What I want you to know about Bending the Moral Arc by Denyse Leslie
[God] has told you, O mortal, what is good; and what does the Lord require of you but to do justice, love kindness, and walk humbly with your God?”
What is Bending the Moral Arc Courageous Conversations?
Bending the Moral Arc: Courageous Conversations on Race and Justice* is a lay-led program that pairs two churches interested in embarking on a racial and social justice journey together. Once organized into small groups, congregants of disparate races and backgrounds engage with tough questions – right out of the headlines. White and Black, Republican and Democrat and Progressive – what do we believe and think about a given story and our America?
What Does Bending the Moral Arc Refer to?
*“We shall overcome because the arc of the moral universe is long, but it bends towards justice.”
While these words are attributed to Dr. Martin Luther King Jr., as he used them in several now-famous speeches between 1965 and 1968, Theodore Parker (1810–1860), an abolitionist and Unitarian theologian, first used the phrase predicting the inevitable end of slavery. “I do not pretend to understand the moral universe; the arc is a long one, my eye reaches but little ways; I cannot calculate the curve and complete the figure by the experience of sight; I can divine it by conscience. And from what I see, I am sure it bends towards justice.” Parker’s words would later inspire speeches by many, including Abraham Lincoln and Dr. Martin Luther King Jr.
Why Be Part of this Witherspoon and Nassau Effort?
As a Black woman who is closer to 70 than 17, I have spent many years as the only Black or one of a few in academic and work settings. I have been the example, the representative who is asked to speak up about my race and what Blacks think and do in a given situation.

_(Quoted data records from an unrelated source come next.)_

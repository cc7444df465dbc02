ghost use Rattle.std.specs.Prelude.{◌≡◌, ◌≢◌, ℕ, ◌∷◌, [], List};
ghost use Rattle.cat_program.specs.Checked.{Checked};
ghost use Rattle.nv_memory.specs.declared.device.Device.{Device as Profile};
ghost use Rattle.cost_bounds.specs.BoundsValue.{BoundsValue};
ghost use Rattle.feasibility.specs.declared.choose.ChooseFault.{ChooseFault as Fault};
ghost use Rattle.feasibility.specs.declared.choose.ChooseFault.TheVariants.{NoMemory};
ghost use Rattle.degradation.specs.declared.chosen.Chosen.{Chosen as Choice};
ghost use Rattle.degradation.specs.Choice.{supply_of, IsChoice, IsNoChoice};
ghost use Rattle.same_program.specs.Setting.{AreSettings};
ghost use Rattle.forecast_table.specs.declared.epoch.Epoch.{Epoch as Row};
ghost use Rattle.forecast_choice.specs.Rows.{row_of, AreChoices, IsFirstRefused};

use same_program::one_choice_law;

/// With one row, which says of the harvest what the device's profile guarantees, the choices are the one of `choose`, and so is the
/// reason why there is none.
pub fn one_row_law()
    ensures chosen { (p : Checked) (b : BoundsValue) (device : Profile) (lines : ℕ) (found : List Choice) → AreChoices p b device lines (row_of device ∷ []) found →
        (chosen : Choice) × (found ≡ chosen ∷ []) × IsChoice p b device (supply_of device) lines chosen }
    ensures alone { (p : Checked) (b : BoundsValue) (device : Profile) (lines : ℕ) (chosen : Choice) → IsChoice p b device (supply_of device) lines chosen →
        AreChoices p b device lines (row_of device ∷ []) (chosen ∷ []) }
    ensures refused { (p : Checked) (b : BoundsValue) (device : Profile) (lines number : ℕ) (fault : Fault) → IsFirstRefused p b device lines (row_of device ∷ []) number fault →
        (number ≡ 1) × IsNoChoice p b device (supply_of device) fault }
    ensures first { (p : Checked) (b : BoundsValue) (device : Profile) (lines : ℕ) (fault : Fault) → IsNoChoice p b device (supply_of device) fault →
        IsFirstRefused p b device lines (row_of device ∷ []) 1 fault }
{}

/// A program on a device has one list of choices for the rows of a forecast, or one first row that has none and one reason for it,
/// and not both; so have two programs that say the same. Want of memory is no reason.
pub fn one_rows_law()
    ensures choices { (p q : Checked) (d : Profile) (lines : ℕ) (b c : BoundsValue) → AreSettings p q d lines b c →
        (rows : List Row) (found other : List Choice) → AreChoices p b d lines rows found → AreChoices q c d lines rows other → found ≡ other }
    ensures reasons { (p q : Checked) (d : Profile) (lines : ℕ) (b c : BoundsValue) → AreSettings p q d lines b c → AreSettings q p d lines c b →
        (rows : List Row) (m n : ℕ) (f g : Fault) → IsFirstRefused p b d lines rows m f → IsFirstRefused q c d lines rows n g → f ≢ NoMemory → g ≢ NoMemory →
        (m ≡ n) × (f ≡ g) }
    ensures either { (p q : Checked) (d : Profile) (lines : ℕ) (b c : BoundsValue) → AreSettings p q d lines b c →
        (rows : List Row) (found : List Choice) (n : ℕ) (f : Fault) → AreChoices p b d lines rows found → IsFirstRefused q c d lines rows n f → f ≡ NoMemory }
{
    one_choice_law();
}
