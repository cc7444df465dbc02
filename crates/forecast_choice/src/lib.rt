//! The choice of versions for each row of a forecast: that of least degradation with what the row says of the harvest.
#![tactic(auto)]

mod law;
mod rows;

pub use law::{one_row_law, one_rows_law};
pub use rows::{RowFault, choose_rows, supply_of};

It is at Church, at Witherspoon Street Presbyterian Church, where I am in the majority. I don’t get those questions or looks or have those expectations placed upon me.
Because Witherspoon and Nassau have worked together over many years on racial and social justice, I believe something significant could emerge. I felt called to do something about Matthew 25, notably Dismantling Systemic Racism. I liked that our effort was lay-led, not top-down. With five Witherspoon and five Nassau people, we could meet and talk about George Floyd’s murder, Housing and Health Disparities, Policing the Police, Voter Suppression, and even Restorative Justice and Reparations. We could also turn Talk into Actions. We could educate ourselves on how these matters are playing out locally in Princeton, NJ – Mercer County, and across the US, but also within organizations and places in which we work and participate.
Have I not commanded you? Be strong and courageous. Do not be afraid; do not be discouraged, for the LORD your God will be with you wherever you go.
After meeting and hearing different perspectives, many of my attitudes were changed -- my spiritual and racial justice journey is being transformed. I have gained deeper relationships with Nassau people whom, heretofore, I had worked with on committees or worshipped with. Now we are in a place where bending the moral arc with one or two initiatives is well within our grasp.